Records excerpted from a collection:
[Start of Attachment]

//! What each view answers of machines and of certificates.

ghost use Rattle.std.specs.Prelude.{◌≡◌, ◌≤◌, ◌++◌, IfOk, None, false, map};
ghost use Rattle.fs_stores.specs.InputValues.{inputs_of, signatures_of, Serves};
ghost use Rattle.fs_pair.specs.Interfaces.{interface_fault};
ghost use Rattle.fs_pair.specs.Positions.{positions};
ghost use Rattle.cert_model.specs.Lawful.{IsLawful};
ghost use Rattle.cert_model.specs.View.{node_of};
ghost use Rattle.fsmd_answers.specs.ComparisonAnswers.{IsOfPair};
ghost use Rattle.search_tables.specs.SearchTables.{machines};
ghost use Rattle.fsmd_replies.specs.ObstacleTexts.{outcome_text};
ghost use Rattle.fsmd_replies.specs.declared.answer.Answer.TheVariants.{Differs, Undecided};
ghost use Rattle.show_search_views.specs.Why.{answer_behind};
ghost use Rattle.show_tool.specs.Views.{answer_behind_lines, IsOfPicture, IsOfWhy, IsOfInputs, IsOfCertificate, IsOfTrace};

use cert_model::cert::Cert;
use fs_ast::machine::Machine;
use fs_pair::positions::Pairing;
use fs_stores::inputs::Inputs;
use fsmd_answers::compare::compare;
use fsmd_answers::judge::judge;
use fsmd_answers::pair::Pair;
use fsmd_answers::runs::run_machine;
use fsmd_replies::answer::{Answer, Lines};
use fsmd_replies::obstacles::obstacle_line;
use fsmd_replies::reply::equivalent_text;
use search_tables::outcome::Outcome;
use show_inputs_text::differing::differing_inputs;
use show_search_views::obligations::obligation_lines;
use show_search_views::pictures::search_picture;
use show_search_views::why::{PairAnswer, explain};
use show_traces::traces::trace_text;
use std::alloc::{AllocError, Global};

// The most steps of a run from a candidate, where `check` is told none.
const STEPS: u64 = 10_000;

// The lines with others behind them.
fn join_lines(mut lines: Vec<u8>, more: &[u8]) -> Result<Lines, AllocError>
    ensures { IfOk result (λ all. all ≡ lines.items ++ more.now) }
{
    lines.extend_from_slice(more)?;
    Ok(Lines::of(lines))
}

// The answer to two machines that are left undecided, behind the lines of what led to it.
fn undecided_behind(
    alloc: Global,
    pair: &Pair,
    lines: Vec<u8>,
    outcome: &Outcome,
) -> Result<Answer, AllocError>
    ensures { IfOk result
        (λ told. told ≡ Undecided (lines.items ++ outcome_text (machines pair.now.left pair.now.right) outcome.now)) }
{
    match obstacle_line(alloc, &pair.left, &pair.right, outcome) {
        Ok(line) => Ok(Answer::Undecided {
            lines: join_lines(lines, line.as_slice())?,
        }),
        Err(_) => Err(AllocError),
    }
}

// The answer of two machines behind the lines of what led to it.
fn why_answer(
    alloc: Global,
    pair: &Pair,
    lines: Vec<u8>,
    answer: &PairAnswer,
) -> Result<Answer, AllocError>
    ensures { IfOk result
        (λ told. told ≡ answer_behind (machines pair.now.left pair.now.right) lines.items answer.now) }
{
    match answer {
        PairAnswer::Equivalent { cert } => {
            let line = equivalent_text(alloc, cert.nodes.len() as u64)?;
            Ok(Answer::Text {
                lines: join_lines(lines, line.as_bytes())?,
            })
        }
        PairAnswer::Counterexample { lines: more } => Ok(Answer::Differs {
            lines: join_lines(lines, more.as_slice())?,
        }),
        PairAnswer::Undecided { outcome } => undecided_behind(alloc, pair, lines, outcome),
    }
}

/// What `why` answers: what `check` says of two machines, behind the lines of what led to it. The one refusal is out of memory.
pub fn why_machines(alloc: Global, pair: &Pair) -> Result<Answer, AllocError>
    requires paired { pair.now.pairing ≡ positions pair.now.left pair.now.right }
    requires interface { interface_fault pair.now.left pair.now.right ≡ None }
    ensures { IfOk result (IsOfWhy 10000 pair.now.left pair.now.right) }
{
    match explain(alloc, &pair.left, &pair.right, &pair.pairing, STEPS) {
        Ok(why) => why_answer(alloc, pair, why.lines, &why.answer),
        Err(_) => Err(AllocError),
    }
}

/// What `pair` answers: the picture of the search of two machines. The one refusal is out of memory.
pub fn picture_machines(alloc: Global, pair: &Pair) -> Result<Answer, AllocError>
    requires paired { pair.now.pairing ≡ positions pair.now.left pair.now.right }
    requires interface { interface_fault pair.now.left pair.now.right ≡ None }
    ensures { IfOk result (IsOfPicture pair.now.left pair.now.right) }
{
    match search_picture(alloc, &pair.left, &pair.right, &pair.pairing) {
        Ok(text) => Ok(Answer::Text {
            lines: Lines::of(text),
        }),
        Err(_) => Err(AllocError),
    }
}

// The file of inputs that show a difference, or else the lines with which `check` tells of one.
fn inputs_or(alloc: Global, pair: &Pair, lines: Lines) -> Result<Answer, AllocError>
    requires interface { interface_fault pair.now.left pair.now.right ≡ None }
    requires answer { IsOfPair 10000 false pair.now.left pair.now.right (Differs lines) }
    ensures { IfOk result (IsOfInputs 10000 pair.now.left pair.now.right) }
{
    match differing_inputs(alloc, &pair.left, &pair.right, &pair.pairing, STEPS) {
        Ok(Some(file)) => Ok(Answer::Differs {
            lines: Lines::of(file),
        }),
        Ok(None) => Ok(Answer::Differs { lines }),
        Err(_) => Err(AllocError),
    }
}

/// What `inputs` answers: the file of inputs that show a difference of two machines, where `check` tells of one, and else what
/// `check` answers. The one refusal is out of memory.
pub fn differing_machines(alloc: Global, pair: &Pair) -> Result<Answer, AllocError>
    requires paired { pair.now.pairing ≡ positions pair.now.left pair.now.right }
    requires interface { interface_fault pair.now.left pair.now.right ≡ None }
    ensures { IfOk result (IsOfInputs 10000 pair.now.left pair.now.right) }
{
    let answer = compare(alloc, pair, STEPS, false)?;
    match answer {
        Answer::Differs { lines } => inputs_or(alloc, pair, lines),
        _ => Ok(answer),
    }
}

// An answer that is lines, behind others.
fn answer_behind_lines(lines: Vec<u8>, answer: Answer) -> Result<Answer, AllocError>
    ensures { IfOk result (λ told. told ≡ answer_behind_lines lines.items answer) }
{
    match answer {
        Answer::Text { lines: more } => Ok(Answer::Text {
            lines: join_lines(lines, more.bytes())?,
        }),
        Answer::Differs { lines: more } => Ok(Answer::Differs {
            lines: join_lines(lines, more.bytes())?,
        }),
        Answer::Undecided { lines: more } => Ok(Answer::Undecided {
            lines: join_lines(lines, more.bytes())?,
        }),
        other => Ok(other),
    }
}

/// What `certificate` answers: the obligations of a lawful certificate of two machines, by number, and then what `verify` says.
/// The one refusal is out of memory.
pub fn certificate_of(
    alloc: Global,
    a: &Machine,
    b: &Machine,
    p: &Pairing,
    cert: &Cert,
) -> Result<Answer, AllocError>
    requires paired { p.now ≡ positions a.now b.now }
    requires interface { interface_fault a.now b.now ≡ None }
    requires lawful { IsLawful a.now b.now (map node_of cert.now.nodes.items) }
    ensures { IfOk result (IsOfCertificate a.now b.now (map node_of cert.now.nodes.items)) }
{
    match obligation_lines(alloc, a, b, cert.nodes.as_slice()) {
        Ok(lines) => answer_behind_lines(lines, judge(alloc, a, b, p, cert)?),
        Err(_) => Err(AllocError),
    }
}

/// What `trace` answers: the trace of a machine's run of at most so many steps from inputs, and then what `run` says. The one
/// refusal is out of memory.
pub fn trace_machine(
    alloc: Global,
    machine: &Machine,
    inputs: &Inputs,
    steps: u64,
) -> Result<Answer, AllocError>
    requires steps { 1 ≤ steps }
    requires inputs { Serves (signatures_of inputs.now) machine.now }
    ensures { IfOk result (IsOfTrace steps machine.now (inputs_of inputs.now)) }
{
    match trace_text(alloc, machine, inputs, steps) {
        Ok(lines) => answer_behind_lines(lines, run_machine(alloc, machine, inputs, steps)?),
        Err(_) => Err(AllocError),
    }
}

[End of Attachment]

Check all the records above and select each line where the string "Serves" is found.

ghost use Rattle.fs_stores.specs.InputValues.{inputs_of, signatures_of, Serves};
    requires inputs { Serves (signatures_of inputs.now) machine.now }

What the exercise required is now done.